For example, the Facebook app for the iphone is in many ways a better
experience compared to the web site. This is more of an indictment against the
website, which is simply, and unutterably horrible, no matter how useful or
fun it might be to many people. (The lesson here would seem to be that killer
content/functionality trumps nearly any other consideration.)

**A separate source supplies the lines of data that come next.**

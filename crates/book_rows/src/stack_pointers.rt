//! The least and the greatest stack pointer of a set.

use report_bytes::{greatest_number, least_number};
use value_set::{Vs8, Vs16};

fn least_of(base: u16, stride: u16, count: u32) -> Option<Option<u16>> {
    Some(least_number(&Vs16::run(base, stride, count)?))
}

#[test]
fn rows_of_the_least_stack_pointer(rt: HostRuntime) {
    for (base, stride, count, least) in [
        (0x0200, 2, 0x20, Some(0x0200)),
        (0x0274, 2, 3, Some(0x0274)),
        // runs that go round
        (0xFFF0, 2, 0x20, Some(0x0000)),
        (0xFFF0, 3, 0x20, Some(0x0002)),
        (0x0001, 2, 0x8000, Some(0x0001)),
        // whole sets
        (0x0000, 2, 0x8000, None),
        (0x0000, 1, 0x10000, None),
    ] {
        assert_eq!(rt; least_of(base, stride, count), Some(least));
    }
}

fn greatest_of(base: u8, stride: u8, count: u32) -> Option<Option<u8>> {
    Some(greatest_number(&Vs8::run(base, stride, count)?))
}

#[test]
fn rows_of_the_greatest_stack_pointer(rt: HostRuntime) {
    for (base, stride, count, greatest) in [
        (0x07, 2, 0x20, Some(0x45)),
        (0x33, 1, 3, Some(0x35)),
        // runs that go round
        (0xF0, 2, 0x20, Some(0xFE)),
        (0xF1, 3, 0x20, Some(0xFD)),
        (0x00, 2, 0x80, Some(0xFE)),
        // all bytes
        (0x00, 1, 0x100, None),
    ] {
        assert_eq!(rt; greatest_of(base, stride, count), Some(greatest));
    }
}
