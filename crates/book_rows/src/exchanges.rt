//! Exchanges of one seat, with works that are looked ahead of.

ghost use Rattle.std.specs.Prelude.{◌≡◌, ◌≤◌, ◌+◌, ◌++◌, [], false, length, option_to_list, IfOk, OnOk, Some};
ghost use Rattle.std.specs.List.{AllByRecursion};
ghost use Rattle.fact_table.specs.Exchange.{IsWorked, tickets_of};
ghost use Rattle.fact_table.specs.Named.{table_of};
ghost use Rattle.fact_table.specs.Seats.{AreOutTo};

use crate::books::run_for;
use crate::chip::{node_at, of_shape};
use crate::shape::Shape;
use book_rules::Event;
use call_context::Node;
use chip_analysis::Chip;
use fact_table::{Exchanged, FactTable, Last, Seat};
use no_memory::Memory;
use round_core::{Book, Done, Ticket};
use std::alloc::Global;
use std::sync::Wait;
use std::test::Fail;

/// Two tickets at most.
type Two<C> = (Option<Ticket<C>>, Option<Ticket<C>>);

/// No tickets: each seat may exchange so.
fn no_tickets<C: Chip>(chip: &C, seat: &Seat<C>) -> Two<C>
    requires { Some (C.base chip.now) ≡ seat.now.base }
    ensures { AreOutTo C.analysis seat.now (option_to_list result.0 ++ option_to_list result.1) }
{
    let _chip = chip;
    let _number = seat.number();
    (None, None)
}

/// Works on the unit of a ticket, if there is one.
fn work_one<C: Chip>(
    alloc: Global,
    chip: &C,
    done: &mut Vec<Done<C>>,
    ticket: Option<Ticket<C>>,
) -> Result<(), Memory>
    requires { AllByRecursion (IsWorked (C.analysis (C.base chip.now))) done.old.items }
    ensures tickets { OnOk result (tickets_of done.new.items ≡ tickets_of done.old.items ++ option_to_list ticket) }
    ensures works { OnOk result (AllByRecursion (IsWorked (C.analysis (C.base chip.now))) done.new.items) }
    ensures few { OnOk result (length done.new.items ≤ length done.old.items + 1) }
{
    if let Some(ticket) = ticket {
        let work = chip.work(alloc, ticket.unit(), ticket.at(), ticket.exit())?;
        done.push(Done { ticket, work })?;
    }
    Ok(())
}

/// The works of tickets.
fn works_of<C: Chip>(alloc: Global, chip: &C, tickets: Two<C>) -> Result<Vec<Done<C>>, Memory>
    ensures tickets { IfOk result (λ done. tickets_of done.items ≡ option_to_list tickets.0 ++ option_to_list tickets.1) }
    ensures works { IfOk result (λ done. AllByRecursion (IsWorked (C.analysis (C.base chip.now))) done.items) }
    ensures few { IfOk result (λ done. length done.items ≤ 2) }
{
    let (first, second) = tickets;
    let mut done = Vec::new(alloc);
    work_one(alloc, chip, &mut done, first)?;
    work_one(alloc, chip, &mut done, second)?;
    Ok(done)
}

/// What an exchange told: why it gave no more tickets, whether units may be left to claim, and how many tickets it gave.
type Told = (Last, bool, usize);

/// Exchanges the works of tickets for units. It answers the last two of their tickets.
fn exchange_two<R: Wait, C: Chip>(
    rt: &R,
    alloc: Global,
    chip: &C,
    table: &FactTable<C>,
    seat: &mut Seat<C>,
    tickets: Two<C>,
    want: u32,
    share: u32,
) -> Result<(Two<C>, Told), Memory>
    requires table { seat.old.table ≡ table_of table.now }
    requires idle { seat.old.holds ≡ false }
    requires chip { Some (C.base chip.now) ≡ seat.old.base }
    requires some { 1 ≤ want }
    requires few { want ≤ 6 }
    requires tickets { AreOutTo C.analysis seat.old (option_to_list tickets.0 ++ option_to_list tickets.1) }
    ensures tickets { IfOk result (λ next. AreOutTo C.analysis seat.new (option_to_list next.0.0 ++ option_to_list next.0.1)) }
    ensures seat { (seat.new.table ≡ seat.old.table) × (seat.new.holds ≡ false) × (seat.new.base ≡ seat.old.base) × (seat.new.stands ≡ seat.old.stands) × (seat.new.made ≡ seat.old.made) }
{
    let done = works_of(alloc, chip, tickets)?;
    let exchanged = table.exchange(rt, alloc, chip, seat, done, want, share);
    let Exchanged {
        unposted: _,
        mut tickets,
        last,
        left,
    } = exchanged;
    let told = (last, left, tickets.len());
    let second = tickets.pop();
    let first = tickets.pop();
    Ok(((first, second), told))
}

/// Exchanges the works of all tickets, by rows of how many units are wanted, 1 to 6, and left to share.
fn exchange_each<R: Wait, C: Chip>(
    rt: &R,
    alloc: Global,
    chip: &C,
    turns: &[(u32, u32)],
) -> Result<(Book<C>, Vec<Told>), Memory> {
    let book = Book::open(alloc, chip)?;
    let (table, mut seat) = FactTable::new(alloc, book, 1)?;
    let mut tickets = no_tickets(chip, &seat);
    let mut all = Vec::new(alloc);
    for (want, share) in turns {
        let want = (*want).max(1).min(6);
        let (next, told) = exchange_two(rt, alloc, chip, &table, &mut seat, tickets, want, *share)?;
        tickets = next;
        all.push(told)?;
    }
    Ok((table.close(seat), all))
}

/// The nodes with their numbers, and the events.
type Parts = (Vec<(Node, u32)>, Vec<Event>);

fn parts_of<C: Chip<Abs = u32>>(book: Book<C>) -> Parts {
    let (nodes, _, journal) = book.into_parts();
    (nodes, journal)
}

/// What exchanges told, and the parts of the book behind them.
fn told_by<R: Wait, C: Chip<Abs = u32>>(
    rt: &R,
    alloc: Global,
    chip: &C,
    turns: &[(u32, u32)],
) -> Result<(Vec<Told>, Parts), Memory> {
    let (book, told) = exchange_each(rt, alloc, chip, turns)?;
    Ok((told, parts_of(book)))
}

/// The root goes out, and then one of two units, of which one is left to share. The other is the last that can be claimed.
#[test]
fn each_reason_is_met(rt: HostRuntime) -> Result<(), Fail> {
    let turns = [(1, 1), (4, 2), (4, 1), (1, 1)];
    let (told, parts) = told_by(&rt, rt.alloc(), &of_shape(Shape::Tree(2)), &turns)?;
    let wanted = [
        (Last::Full, false, 1),
        (Last::Shared, true, 1),
        (Last::Idle, false, 1),
        (Last::Finished, false, 0),
    ];
    assert_eq!(rt; told.as_slice(), wanted.as_slice());
    assert_eq!(rt; parts.1.len(), 6);
    Ok(())
}

/// Both tickets of the fourth turn have location 3 as it was, with 2. Ahead of the fifth turn the first work makes 6 of that, and the
/// second one 3. The second post finds it risen, and works out anew that 3 is within 6.
#[test]
fn what_has_risen_is_worked_out_anew(rt: HostRuntime) -> Result<(), Fail> {
    let chip = of_shape(Shape::Racing);
    let (told, parts) = told_by(&rt, rt.alloc(), &chip, &[(2, 1); 6])?;
    let wanted = [
        (Last::Idle, false, 1),
        (Last::Full, false, 2),
        (Last::Idle, false, 1),
        (Last::Full, false, 2),
        (Last::Idle, false, 1),
        (Last::Finished, false, 0),
    ];
    assert_eq!(rt; told.as_slice(), wanted.as_slice());
    let nodes = [
        (node_at(0), 0),
        (node_at(1), 2),
        (node_at(2), 2),
        (node_at(3), 6),
    ];
    assert_eq!(rt; parts.0.as_slice(), nodes.as_slice());
    Ok(())
}

/// The parts of a book by posts that don't look ahead.
fn posted<C: Chip<Abs = u32>>(alloc: Global, chip: &C) -> Result<Parts, Memory> {
    Ok(parts_of(run_for(alloc, chip, 200)?))
}

/// Of two units that are out beside each other the second one looks ahead. As many calls make the same nodes as without: what was
/// looked ahead is taken, and not worked out again.
#[test]
fn looking_ahead_makes_the_same_nodes(rt: HostRuntime) -> Result<(), Fail> {
    let (chip, ahead) = (of_shape(Shape::Pair), of_shape(Shape::Pair));
    let (nodes, journal) = posted(rt.alloc(), &chip)?;
    let (_, looked) = told_by(&rt, rt.alloc(), &ahead, &[(2, 1); 70])?;
    let found = (looked.0, looked.1.len(), ahead.counts());
    let wanted = (nodes, journal.len(), (28, 64, 32, 2));
    assert_eq!(rt; (found, chip.counts()), (wanted, (28, 64, 32, 2)));
    Ok(())
}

And for reading the web I often use NetNewsWire, an app that is an RSS reader
with its own built in browser. Does that count as an app or as a browser? This
is much better than any of the browsers with built in RSS readers. Again, how
does that count.

edit: When I examine my own usage, I consume books, comics, manga, music, and
video in special purpose apps. For mainstream news I usually use a web based
aggregator (Google News.) An exception is The New York Times which has a very
nice iPhone/iPod Touch app that is great and as a bonus buffers a days content
so that I can read when I'm offline. If magazine publishers were looking for a
model that app would be a nice place to start. For NewZ (blogs, aggregators,
etc.) I use an RSS reader and then a web browser to pick up stuff like Hacker
News, Reddit, or Slashdot that would simply bloat an RSS reader. I have tried
apps to follow Reddit and Hack News, and on the iPhone/iPod Touch they rock.
On the iPad the experience is a mixed bag.

------
Groxx
I must ask:

As a general rule, how many here _don't_ prefer Safari over web-pages-as-apps?
A few exceptional cases aside, I'd be willing to bet Safari is a better
browser than whatever "they" can cook up.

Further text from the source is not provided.